Question

How do you solve $2x-y=4$ and $4x-2y=8$? \[\]

Answer 1

Hint: We write both the equations general form$ax+by+c=0$. We recall the conditions on coefficients of two linear equations ${{a}_{1}}x+{{b}_{1}}y+{{c}_{1}}=0,{{a}_{2}}x+{{b}_{2}}y+{{c}_{2}}=0$ for unique solutions$\left( \dfrac{{{a}_{1}}}{{{a}_{2}}}\ne \dfrac{{{b}_{1}}}{{{b}_{2}}} \right)$, infinite solutions $\left( \dfrac{{{a}_{1}}}{{{a}_{2}}}=\dfrac{{{b}_{1}}}{{{b}_{2}}}=\dfrac{{{c}_{1}}}{{{c}_{2}}} \right)$ and no solution$\left( \dfrac{{{a}_{1}}}{{{a}_{2}}}=\dfrac{{{b}_{1}}}{{{b}_{2}}}\ne \dfrac{{{c}_{1}}}{{{c}_{2}}} \right)$. We check which conditions are satisfied by the given two equations. \[\]

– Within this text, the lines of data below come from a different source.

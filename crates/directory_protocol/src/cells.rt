//! The deeds that look at cells.
ghost use Rattle.directory_law.specs.Cells.{area};
ghost use Rattle.directory_law.specs.Lessons.{LookReady, LookTells, SeeReady, SeeTells, look_next, see_next};
ghost use Rattle.directory_law.proofs.Bytes.{area_fits};
ghost use Rattle.directory_law.proofs.Looks.{look_keeps, see_keeps};

use crate::law::DirectoryLaw;
use protocol_pairs::Deed;

/// A weak cell, whichever. Where the walk of a text ends here, the text has no live record. The walk of a seat that
/// has an intern left doesn't come around.
#[derive(Clone, Copy, Drop)]
pub struct LookAtCell;

impl Deed<DirectoryLaw> for LookAtCell {
    ghost ready = { λ it of. LookReady };

    ghost next = { λ it of. look_next };

    ghost allows = { λ it of. LookTells (area of.first of.cells of.interns.items of.to) };

    ghost keeps = { λ it of.
        look_keeps (area of.first of.cells of.interns.items of.to)
        (area_fits of.first of.cells of.interns.items of.to of.fits) };
}

/// What a cell of the range held, if the seat then has it: it is a head, and noted as seen in its life. Where the
/// cell is null and the walk of a text ends here, the text has no live record. It goes with both a look and a check.
#[derive(Clone, Copy, Drop)]
pub struct SeeHead;

impl Deed<DirectoryLaw> for SeeHead {
    ghost ready = { λ it of. SeeReady (area of.first of.cells of.interns.items of.to) };

    ghost next = { λ it of. see_next (area of.first of.cells of.interns.items of.to) };

    ghost allows = { λ it of. SeeTells (area of.first of.cells of.interns.items of.to) };

    ghost keeps = { λ it of. see_keeps (area of.first of.cells of.interns.items of.to) };
}
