//! Protocols that have a directory.
ghost use Rattle.directory_protocol.specs.Keeping.{MindsNone};

use crate::law::DirectoryLaw;
use protocol_pairs::{Pair, Part, Protocol, Right, Whole};

/// A protocol that has a directory as its part `S`, or is one. Its rest may mind that a text is kept no more, and
/// nothing else of the directory's views.
pub trait HasDirectory<S>: Part<DirectoryLaw, S> {
    /// The rest minds no view of the directory that keeps all that the seat's one keeps.
    ghost minds_none: { (it : Self) → MindsNone (Self.suits it) Self.seen };
}

impl HasDirectory<Whole> for DirectoryLaw {
    ghost minds_none = { λ it v w keeps. tt };
}

impl<P: Protocol> HasDirectory<Right> for Pair<P, DirectoryLaw> {
    ghost minds_none = { λ it v w keeps. tt };
}
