//! The deeds that change what a seat notes of itself.
ghost use Rattle.directory_law.specs.Cells.{area};
ghost use Rattle.directory_law.specs.Lessons.{DrawReady, DrawTells, ForgetReady, ForgetTells, draw_next, forget_next};
ghost use Rattle.directory_law.proofs.Answers.{draw_keeps, forget_keeps};

use crate::law::DirectoryLaw;
use protocol_pairs::Deed;

/// From a calm step on, slots whose lives the seat has seen to have ended are noted no more.
#[derive(Clone, Copy, Drop)]
pub struct ForgetEnded;

impl Deed<DirectoryLaw> for ForgetEnded {
    ghost ready = { λ it of. ForgetReady };

    ghost next = { λ it of. forget_next };

    ghost allows = { λ it of. ForgetTells (area of.first of.cells of.interns.items of.to) };

    ghost keeps = { λ it of. forget_keeps (area of.first of.cells of.interns.items of.to) };
}

/// The seat has the interns of the ticket that it draws.
#[derive(Clone, Copy, Drop)]
pub struct DrawTicket;

impl Deed<DirectoryLaw> for DrawTicket {
    ghost ready = { λ it of. DrawReady };

    ghost next = { λ it of. draw_next (area of.first of.cells of.interns.items of.to) };

    ghost allows = { λ it of. DrawTells (area of.first of.cells of.interns.items of.to) };

    ghost keeps = { λ it of. draw_keeps (area of.first of.cells of.interns.items of.to) };
}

Complete step by step answer:
We know that the general linear equation is given by $ax+by+c=0$ where $a,b,c$are real numbers and $a\ne 0,b\ne 0$We need at least two equations to find a unique solution. If ${{a}_{1}}x+{{b}_{1}}y+{{c}_{1}}=0,{{a}_{2}}x+{{b}_{2}}y+{{c}_{2}}=0$ be two linear equations then we can oblation unique solution only when ratio between coefficients of variables is not equal that is
\[\dfrac{{{a}_{1}}}{{{a}_{2}}}\ne \dfrac{{{b}_{1}}}{{{b}_{2}}}\]
 We get no solution if the ratio between coefficients of variables is equal but not equal to ratio between constants that is
\[\dfrac{{{a}_{1}}}{{{a}_{2}}}=\dfrac{{{b}_{1}}}{{{b}_{2}}}\ne \dfrac{{{c}_{1}}}{{{c}_{2}}}\]
We get infinite solutions if the ratio between coefficients of variables is equal to ratio between constants that is
\[\dfrac{{{a}_{1}}}{{{a}_{2}}}=\dfrac{{{b}_{1}}}{{{b}_{2}}}=\dfrac{{{c}_{1}}}{{{c}_{2}}}\]

We are given the following linear equations in standard form in the question
\[\begin{align}
  & 2x-y=4.....\left( 1 \right) \\
 & 4x-2y=8.....\left( 2 \right) \\
\end{align}\]
We write the above two equations in general form to have;
\[\begin{align}
  & 2x-y-4=0 \\
 & 4x-2y-8=0 \\
\end{align}\]
We find the ratio of coefficients of $x$ as $\dfrac{{{a}_{1}}}{{{a}_{2}}}=\dfrac{2}{4}=\dfrac{1}{2}$ . We find the ratio of coefficients of $y$ as $\dfrac{{{b}_{1}}}{{{b}_{2}}}=\dfrac{-1}{-2}=\dfrac{1}{2}$. We find the ratio of constants$\dfrac{{{c}_{1}}}{{{c}_{2}}}=\dfrac{-4}{-8}=\dfrac{1}{2}$. So we have
 \[\dfrac{{{a}_{1}}}{{{a}_{2}}}=\dfrac{{{b}_{1}}}{{{b}_{2}}}=\dfrac{{{c}_{1}}}{{{c}_{2}}}=\dfrac{1}{2}\]
So there will be infinite solutions for the given pair of equations.

Note: We can take $x=t$ and put $x=t$ in the equation $2x-y=4$ to have $y=4+2t$ so for every real value of $t$ we get a solution. Similarly we put $x=t$ in $4x-2y=8$ to have $y=4+2t$ . We know that every linear equation is a line in the plane and we get infinite solutions when the lines corresponding to the two equations coincide. So we can represent every point on the line as a solution in the form$\left( t,4+2t \right)$.